Channel-crossing teams from Taiwan and China are planning to come together to attempt to swim across the Taiwan Strait, a challenging task even for seasoned swimmers, a Hong Kong source reported yesterday.
The Hong Kong daily Ming Pao reported that Chinese swimmer Zhang Jian (張健), a lecturer with the Beijing University of Physical Education, has contacted Taiwan's renowned channel-crossing swimmer Wang Han (王瀚) several times in recent years with the idea of initiating a crossing attempt of the Taiwan Strait by swimmers from both sides.
The plan to swim across the Taiwan Strait has become a more and more feasible idea recently with the steady increase in the frequency and acceptance of cross-strait private exchanges despite the political impasse between the two sides, Zhang told the Hong Kong newspaper.
According to Zhang, who last August swam across northern China's Pohai, a gulf located on the Yellow Sea, and who is scheduled to take on the English Channel this July, Wang has set the autumn of 2002 as the time when the planned joint crossing by Wang and Zhang and their two teams of swimmers will take place.

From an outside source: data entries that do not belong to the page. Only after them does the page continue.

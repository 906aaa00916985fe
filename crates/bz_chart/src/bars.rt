//! Bars: how long a lifeline holds what it took.

use crate::scene::TOP;
use crate::svg::Pen;
use bz_chart_layout::Layout;

const BAR: &str = "<path d=\"M% %h8V%h-8z\" fill=\"#ffffff\"/>\n<path d=\"M% %V%$";

const BAR_END: &str = "V%$\" fill=\"none\" stroke=\"#222222\" stroke-width=\"1\"/>\n";

/// What a lifeline holds: requests taken and not yet replied to, and at a port whose host is the caller, the requests offered
/// and not yet collected.
#[derive(Clone, Copy)]
pub(crate) struct Held {
    count: u32,
    /// The row on which it took the first of them, none where that was before the first row.
    since: Option<u32>,
    has_taken: bool,
}

impl Held {
    pub const NONE: Held = Held {
        count: 0,
        since: None,
        has_taken: false,
    };

    /// Notes a request taken: whether it is the first ever.
    pub fn begin(&mut self, row: Option<u32>) -> bool {
        let is_first = !self.has_taken;
        if self.count == 0 {
            self.since = row;
        }
        self.count = self.count.saturating_add(1);
        self.has_taken = true;
        is_first
    }

    /// Notes a reply.
    pub fn end(&mut self) {
        self.count = self.count.saturating_sub(1);
    }

    pub fn is_open(&self) -> bool {
        self.count > 0
    }

    /// Draws the bar of a column down to this row, or to the end. It is open at an end that is not shown.
    pub fn put_bar(&self, pen: &mut Pen, layout: Layout, column: u32, last: Option<u32>) {
        let x = layout.column(column) - 4;
        let (top, over) = match self.since {
            Some(row) => (layout.row(row), "h8"),
            None => (TOP, "m8 0"),
        };
        let (bottom, under) = match last {
            Some(row) => (layout.row(row), "h-8"),
            None => (layout.bottom(), ""),
        };
        pen.put(BAR, &[x, top, bottom, x, bottom, top], over);
        pen.put(BAR_END, &[bottom], under);
    }
}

Zhang told Ming Pao that crossing the 210km-wide Taiwan Strait alone is physically and politically impossible for any swimmer in the world to complete because of the unpredictable sea conditions as well as the political stalemate between Taiwan and China. He added that relay swimming would be a viable way of making the crossing.

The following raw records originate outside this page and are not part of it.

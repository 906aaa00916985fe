//! What the signs of a chart mean.
//!
//! It explains the signs that the piece shows, and not those that the trace has elsewhere.

ghost use Rattle.bz_chart_layout.specs.Layout.{HasRoom};

use crate::rows::RESTING;
use crate::svg::{DARK, PULL, PUSH, Pen, RECT, put_circle, put_cross, put_triangle};
use bz_chart_layout::Layout;

const MEANING: &str = "<text x=\"%\" y=\"%\">$</text>\n";

const CHANNEL: &str = "<text x=\"%\" y=\"%\">4 = 7</text>\n";

const BAR: &str =
    "<rect x=\"%\" y=\"%\" width=\"32\" height=\"8\" fill=\"#ffffff\" stroke=\"#222222\"/>\n";

const WAITING: &str =
    "<path d=\"M% %H%v8\" fill=\"none\" stroke=\"$\"/><path d=\"M% %l3 6l3 -6\" fill=\"none\" stroke=\"$\"/>\n";

const REQUEST: &str =
    "<path d=\"M% %H%\" stroke=\"$\" stroke-width=\"%\"/><path d=\"M% %l-8 -4v8z\" fill=\"$\"/>\n";

const REPLY: &str = "<path d=\"M% %H%\" stroke=\"$\" stroke-width=\"%\" stroke-dasharray=\"5 3\"/>\
<path d=\"M% %l-7 4l7 4\" fill=\"none\" stroke=\"$\"/>\n";

/// A sign that the legend explains.
#[derive(Clone, Copy)]
pub(crate) enum Sign {
    Channel,
    Request,
    Reply,
    Push,
    Pull,
    Bar,
    Waiting,
    Rest,
    Watch,
    Refusal,
    Clash,
}

const SIGNS: [(Sign, &str); 11] = [
    (Sign::Channel, "channel, and its value"),
    (Sign::Request, "ask to take"),
    (Sign::Reply, "reply to got"),
    (Sign::Push, "push: thick with value"),
    (Sign::Pull, "pull: thick with value"),
    (Sign::Bar, "taken, not yet replied"),
    (Sign::Waiting, "not taken to the end"),
    (Sign::Rest, "no component can move"),
    (Sign::Watch, "watch, and the phase"),
    (Sign::Refusal, "host told no, and why"),
    (Sign::Clash, "two requests met"),
];

/// Which signs a chart has, in the order of the legend.
#[derive(Clone, Copy)]
pub(crate) struct Signs {
    has: [bool; 11],
}

impl Signs {
    pub const NONE: Signs = Signs { has: [false; 11] };

    pub fn add(&mut self, sign: Sign) {
        if let Some(has) = self.has.get_mut(sign as usize) {
            *has = true;
        }
    }

    /// How many there are.
    pub fn count(self) -> u32 {
        let mut count = 0u32;
        for has in self.has {
            count = count.saturating_add(u32::from(has));
        }
        count
    }
}

/// What the signs of a chart mean that it has.
pub(crate) fn put_legend(pen: &mut Pen, layout: Layout, signs: Signs) {
    let mut place = 0u32;
    for ((sign, meaning), has) in SIGNS.iter().zip(signs.has) {
        if has {
            let (x, y) = (layout.sign_column(place), layout.sign_row(place));
            put_sign(pen, *sign, x, y);
            pen.put(MEANING, &[x + 48, y + 4], meaning);
            place = place.saturating_add(1);
        }
    }
}

fn put_sign(pen: &mut Pen, sign: Sign, x: u64, y: u64)
    requires right { HasRoom 12 x }
    requires below { HasRoom 12 y }
{
    match sign {
        Sign::Channel => pen.put(CHANNEL, &[x + 5, y + 4], ""),
        Sign::Request => pen.put(REQUEST, &[x, y, x + 32, 1, x + 40, y], DARK),
        Sign::Push => pen.put(REQUEST, &[x, y, x + 32, 3, x + 40, y], PUSH),
        Sign::Reply => pen.put(REPLY, &[x + 1, y, x + 40, 1, x + 7, y - 4], DARK),
        Sign::Pull => pen.put(REPLY, &[x + 1, y, x + 40, 3, x + 7, y - 4], PULL),
        Sign::Bar => pen.put(BAR, &[x + 4, y - 4], ""),
        Sign::Waiting => pen.put(WAITING, &[x, y - 4, x + 24, x + 21, y], DARK),
        Sign::Rest => pen.put(RECT, &[x, y - 6, 40, 12], RESTING),
        Sign::Watch => put_circle(pen, x + 20, y),
        Sign::Refusal => put_cross(pen, x + 20, y),
        Sign::Clash => put_triangle(pen, x + 20, y),
    }
}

Wang, who was also interviewed by Ming Pao reporters, said that technically, the Taiwan Strait crossing becomes a 400km crossing when the seasonal currents (which change once about every six hours) are factored in to the actual cross-strait swimming distance.
Wang noted that a point between Taoyuan County and Hsinchu County would be a good location from where to set out on the long-distance swim, adding that the ideal spot on the Chinese side has yet to be decided.

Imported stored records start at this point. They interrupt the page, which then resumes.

//! Words beside a lifeline.

ghost use Rattle.bz_chart_layout.specs.Layout.{IsClear};

use crate::lanes::Side;
use crate::svg::Pen;
use crate::words::{Cut, letter_count};
use bz_chart_layout::Denial;
use bz_model::{Phase, Value};
use bz_source::{Label, Survey, put_label as put_label_of};
use bz_text::Piece;

const LABEL: &str =
    "<rect x=\"%\" y=\"%\" width=\"%\" height=\"10\" fill=\"#fafafa\" fill-opacity=\"0.8\"/>\n<text x=\"%\" y=\"%\" fill=\"$\">";

/// How many digits a value has at most where all of them are shown at an arrow.
const MOST_DIGITS: usize = 8;

/// A word beside a lifeline, and what is told where it is pointed at.
#[derive(Clone, Copy)]
pub(crate) struct Word<'a> {
    pub text: &'a [u8],
    pub title: &'a [u8],
    pub colour: &'static str,
}

/// A word that begins at `x`, or ends there where it stands at the left, on a line at `y`.
pub(crate) fn put_label(pen: &mut Pen, x: u64, y: u64, side: Side, word: Word<'_>)
    requires right { IsClear x }
    requires below { IsClear y }
{
    let width = 7 * u64::from(letter_count(word.text)) + 2;
    let left = match side {
        Side::Left => x.saturating_sub(width),
        Side::Right => x,
    };
    pen.put(LABEL, &[left, y - 11, width, left + 1, y - 2], word.colour);
    if !word.title.is_empty() {
        pen.put("<title>", &[], "");
        pen.put_word(Cut::whole(word.title));
        pen.put("</title>", &[], "");
    }
    pen.put_word(Cut::whole(word.text));
    pen.put("</text>\n", &[], "");
}

/// The word of a trace for how a host is told no.
pub(crate) fn denial_word(denial: Denial) -> &'static str {
    match denial {
        Denial::NotYet => "not-yet",
        Denial::Busy => "busy",
        Denial::NotTaken => "not-taken",
    }
}

/// The word of a phase, without its value.
pub(crate) fn phase_word(phase: Phase) -> &'static str {
    match phase {
        Phase::Idle => "idle",
        Phase::Asked(_) => "asked",
        Phase::Taken => "taken",
        Phase::Replied(_) => "replied",
        Phase::Broken => "broken",
    }
}

/// What the text calls a channel, and where it comes from; nothing where the text tells neither.
pub(crate) fn channel_title(pen: &mut Pen, survey: &Survey, chan: u32) -> Vec<u8> {
    let label = Label {
        name: survey.chan_name(chan),
        source: survey.chan_source(chan),
    };
    if label.name.is_none() && label.source.is_none() {
        return Vec::new(pen.alloc());
    }
    let mut title = pen.spell(&[Piece::Bytes(b"channel "), Piece::Number(Value::from(chan))]);
    if put_label_of(&mut title, label).is_err() {
        pen.fail();
    }
    title
}

/// A channel, and the value that rides on it.
pub(crate) fn channel_label(pen: &mut Pen, chan: u32, value: Option<Value>) -> Vec<u8> {
    match value {
        Some(value) => {
            let digits = pen.spell(&[Piece::Number(value)]);
            value_label(pen, chan, digits.as_slice())
        }
        None => pen.spell(&[Piece::Number(Value::from(chan))]),
    }
}

// Of a value that is long the first digits are shown, and the last.
fn value_label(pen: &mut Pen, chan: u32, digits: &[u8]) -> Vec<u8> {
    let (first, dots, last): (&[u8], &str, &[u8]) = if digits.len() <= MOST_DIGITS {
        (digits, "", b"")
    } else {
        (&digits[..3], "…", &digits[digits.len() - 3..])
    };
    pen.spell(&[
        Piece::Number(Value::from(chan)),
        Piece::Bytes(b" = "),
        Piece::Bytes(first),
        Piece::Bytes(dots.as_bytes()),
        Piece::Bytes(last),
    ])
}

The northeastern monsoon season, from October through April, is not a suitable time for an attempted crossing of the Taiwan Strait, Wang said, adding that water temperature, sharks, physical exhaustion and seasickness are other factors that must be overcome for a successful crossing.
None of these physical factors, however, is as challenging as the political impasse across the Taiwan Strait, he lamented.
Wang, the first swimmer from Taiwan to swim across the Strait of Gibraltar and the first to conquer the English Channel, said he has been planning to challenge the Taiwan Strait for 10 years.